Breakdown of a Lateral Flow Test Strip
Lateral flow test strips are simple, easy-to-use devices that can detect the presence or absence of a target analyte (chemical or substance) in a specimen provided by a patient. These tests are typically used at point of care (medical office), at home, or in the laboratory. They are valued for being low-cost, simple, rapid, and portable.
Components of a Lateral Flow Test Strip
A typical lateral flow test strip consists of overlapping materials that are mounted on a stiff backing card for better handling and stability. In general, the layers include:
1. Absorbent sample pad
This pad is impregnated with buffer salts and surfactants to make the sample suitable for interaction with the detection system. It also functions to ensure that the analyte (if present in the sample) is capable of binding to the capture reagents of conjugates.

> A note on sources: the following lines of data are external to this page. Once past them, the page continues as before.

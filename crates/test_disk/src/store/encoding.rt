//! Groups of a journal that a test gives as bytes.

ghost use Rattle.std.specs.Prelude.{◌≡◌, ◌≤◌, ◌+◌, ◌++◌, length, map, List, ℕ, IfOk, IfSome, OnOk};
ghost use Rattle.std.specs.Option.{SomeIff};
ghost use Rattle.journal.specs.Format.{IsGroup, body_len, body_bytes};
ghost use Rattle.journal.specs.declared.layout.TheConstants.{MAX_GROUP_BYTES};

use journal::{
    CLOSED, Group, LENGTH_BYTES, MAX_GROUP_BYTES, MAX_GROUP_RECORDS, OPEN, Record, stands,
};
use std::alloc::{AllocError, Global};

/// The group whose bytes, after its open gate, are `bytes`, and which has `count` records. None if the bytes are those of no such group: if
/// writing the records again doesn't give the same bytes.
pub fn group_in(alloc: Global, bytes: &[u8], count: u64) -> Result<Option<Group>, AllocError> {
    let mut file = vec![in alloc; OPEN]?;
    file.extend_from_slice(bytes)?;
    let Ok(records) = stands(alloc, &file) else {
        return Ok(None);
    };
    match encoded(alloc, &records)? {
        Some(encoded) if encoded.as_slice() == bytes && records.len() as u64 == count => {
            Ok(Some(Group::of_bytes(encoded, count)))
        }
        _ => Ok(None),
    }
}

/// The bytes of a group of these records, without its gate: the length of the body, the records, each after its length, and the closed gate
/// before the next group. None if the records exceed a group's limits.
fn encoded(alloc: Global, records: &[Record]) -> Result<Option<Vec<u8>>, AllocError>
    ensures { IfOk result (λ found. IfSome found (λ bytes. IsGroup bytes.items (length records.now))) }
{
    if records.is_empty() || records.len() > MAX_GROUP_RECORDS {
        return Ok(None);
    }
    let Some(len) = body_len_within(records) else {
        return Ok(None);
    };
    let mut bytes = (len as u32).to_be_bytes().to_vec(alloc)?;
    put_body(&mut bytes, records)?;
    bytes.push(CLOSED)?;
    Ok(Some(bytes))
}

// The length of the records' body; None if it is above the limit of a group.
fn body_len_within(records: &[Record]) -> Option<usize>
    ensures { IfSome result (λ len. (len ≡ body_len (map (λ record_in. record_in.bytes) records.now)) × (len ≤ MAX_GROUP_BYTES)) }
{
    let mut total = 0;
    for record in records {
        let room = MAX_GROUP_BYTES - total;
        let len = record.bytes.as_slice().len();
        if room < LENGTH_BYTES || len > room - LENGTH_BYTES {
            return None;
        }
        total += LENGTH_BYTES + len;
    }
    Some(total)
}

// Adds the records to the bytes, each after its length field.
fn put_body(bytes: &mut Vec<u8>, records: &[Record]) -> Result<(), AllocError>
    requires { body_len (map (λ record_in. record_in.bytes) records.now) ≤ MAX_GROUP_BYTES }
    ensures { OnOk result (bytes.new.items ≡ bytes.old.items ++ body_bytes (map (λ record_in. record_in.bytes) records.now)) }
{
    for record in records {
        let record = record.bytes.as_slice();
        bytes.extend_from_slice(&(record.len() as u32).to_be_bytes())?;
        bytes.extend_from_slice(record)?;
    }
    Ok(())
}
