//! The steps that a test makes on a journal on two areas, each written as a word.

use diskmodel::CallKind;
use std::alloc::{AllocError, Global};

/// What a stop of the machine leaves of an area.
#[derive(Clone, Copy)]
pub enum Left {
    /// What a read returned before the stop.
    Read,
    /// What the last sync left.
    Synced,
    /// An area of this length. A stop may leave any byte at some places; of these, the places that are a multiple of `every` hold `byte`.
    /// The others hold what a read returns there, or else what the last sync left.
    Torn { byte: u8, every: u64, len: u64 },
}

/// A step of a test. For a step that makes device calls the number says which of them is set to fail, counted from 1; 0 sets none.
#[derive(Clone, Copy)]
pub enum Step {
    /// The event with this number comes in.
    Accept(usize),
    /// This many more of the accepted events are taken, as a group.
    Take(usize),
    /// The first group that is taken and not yet written is appended.
    Append(u64),
    /// The first group is settled: its records are durable.
    Settle,
    /// All accepted events are taken, for a checkpoint.
    TakeAll,
    /// The spare area is rewritten to the checkpoint.
    Rewrite(u64),
    /// Everything that the checkpoint took is settled.
    SettleAll,
    /// The machine stops, and leaves the first of these on the first area, and the second one on the second.
    Stop(Left, Left),
    /// Both areas are opened, with the `count`-th device call of this kind set to fail.
    Open(CallKind, u64),
    Bad,
}

/// The steps that a text lists, as words.
pub fn steps_of(alloc: Global, text: &str) -> Result<Vec<Step>, AllocError> {
    let mut steps = Vec::new(alloc);
    for word in text.split_whitespace() {
        steps.push(step_of(word))?;
    }
    Ok(steps)
}

fn step_of(word: &str) -> Step {
    match word {
        "s" => Step::Settle,
        "all" => Step::TakeAll,
        "done" => Step::SettleAll,
        "w" => Step::Append(0),
        "r" => Step::Rewrite(0),
        "o" => Step::Open(CallKind::Sync, 0),
        _ => counted(word),
    }
}

/// A step that is written as a letter and then a number, or what a stop leaves; or as the number of an event alone.
fn counted(word: &str) -> Step {
    if let Some(count) = word.strip_prefix('t') {
        return Step::Take(number_of(count) as usize);
    }
    if let Some(call) = word.strip_prefix('w') {
        return Step::Append(number_of(call));
    }
    if let Some(call) = word.strip_prefix('r') {
        return Step::Rewrite(number_of(call));
    }
    if let Some(call) = word.strip_prefix('o') {
        return failing(call);
    }
    if let Some(areas) = word.strip_prefix('x') {
        return stop(areas);
    }
    match word.parse() {
        Ok(number) => Step::Accept(number),
        Err(_) => Step::Bad,
    }
}

fn number_of(word: &str) -> u64 {
    word.parse().unwrap_or(0)
}

/// An opening in which a call fails, given as the letter of the call's kind and a number.
fn failing(call: &str) -> Step {
    if let Some(count) = call.strip_prefix('w') {
        return Step::Open(CallKind::Write, number_of(count));
    }
    if let Some(count) = call.strip_prefix('c') {
        return Step::Open(CallKind::Cut, number_of(count));
    }
    match call.strip_prefix('s') {
        Some(count) => Step::Open(CallKind::Sync, number_of(count)),
        None => Step::Bad,
    }
}

/// The step of a stop, by what it leaves of each area.
fn stop(areas: &str) -> Step {
    match areas.split_once(':') {
        Some((first, second)) => Step::Stop(left_of(first), left_of(second)),
        None => Step::Bad,
    }
}

fn left_of(word: &str) -> Left {
    match word {
        "k" => Left::Read,
        "l" => Left::Synced,
        _ => torn(word),
    }
}

/// What is left by a torn stop, which is given as the byte, every how many places it stands, and the length.
fn torn(word: &str) -> Left {
    let (byte, rest) = word.split_once('.').unwrap_or((word, ""));
    let (every, len) = rest.split_once('.').unwrap_or((rest, ""));
    Left::Torn {
        byte: byte.parse().unwrap_or(0),
        every: number_of(every).max(1),
        len: number_of(len),
    }
}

The liquid sample or specimen is introduced in drops onto the sample pad, where it migrates to the conjugate release pad.
2. Conjugate release pad
The main role of this pad is to hold the detector particles and keep them functionally stable until the test is performed. Materials used to make the conjugate release pad include glass fiber, cellulose, and polyesters.
This pad contains antibodies that are specific to the target analyte. The antibodies are conjugated to colored fluorescent particles (most commonly latex microspheres or colloidal gold nanospheres).
The original sample, together with the conjugated antibody bound to the target analyte, migrates further along the test strip into the detection zone.
3. Detection zone
This consists of a porous membrane, usually made of nitrocellulose or cellulose acetate, containing specific biological components (mostly antigens or antibodies) immobilized and arrayed in lines. Their function is to react with the analyte bound to the conjugated antibody.
4. Test line
If the analyte tested for is detected, the result is a response on the test line. This line is compared to the control line for proper reading and diagnosis.
5. Control line
The control line response indicates that the liquid has flowed through the test strip, ensuring that the test was done properly.
6. Wicking pad
Also called a waste reservoir, is an absorbent pad designed to draw the sample across the reaction membranes by capillary action and collect it, preventing backflow. Wicking pads are most commonly made of cellulose fibers.
Examples of Lateral Flow Test Strips in Action
Most lateral flow test strips are intended to operate on a purely qualitative basis, giving either a "positive" or "negative" result. Some of these include:
- Rapid strep test
- Pregnancy test
- Rapid influenza A and B test
- Urine dipstick
Lateral flow test strips are interpreted either manually or with a machine or meter. These tests are usually used for initial screening, which can be confirmed later by a fully quantitative method.
The choice to use these devices is often evaluated according to parameters such as efficiency, sensitivity, and specificity.
Advantages of Lateral Flow Test Strips
- Simple, one-step assay
- Low sample volume
- Applications at point of care
Pitfalls of Lateral Flow Test Strips
- Inaccurate sample volume reduces precision
- Restriction on total volume used in test limits sensitivity of the test
- Analysis time is dependent on the nature of the sample (i.e., viscosity, surface tension)
- Good antibody preparation is critical
- Reproducibility varies from lot to lot
- Possibility of a false positive/negative result
While the principle of this test method has remained unchanged for decades, the continuous improvements of techniques have led to increased sensitivity and reproducibility, plus the simultaneous detection of several analytes. Also very importantly, the tests can be efficiently performed outside the laboratory setting, providing better access to medical diagnosis and care for developing countries. Recent advances and future goals and guidance for improving lateral flow test strips and assays are focused on: identifying new signal amplification strategies, nanoparticle labels, and quantification systems, and improving simultaneous detection.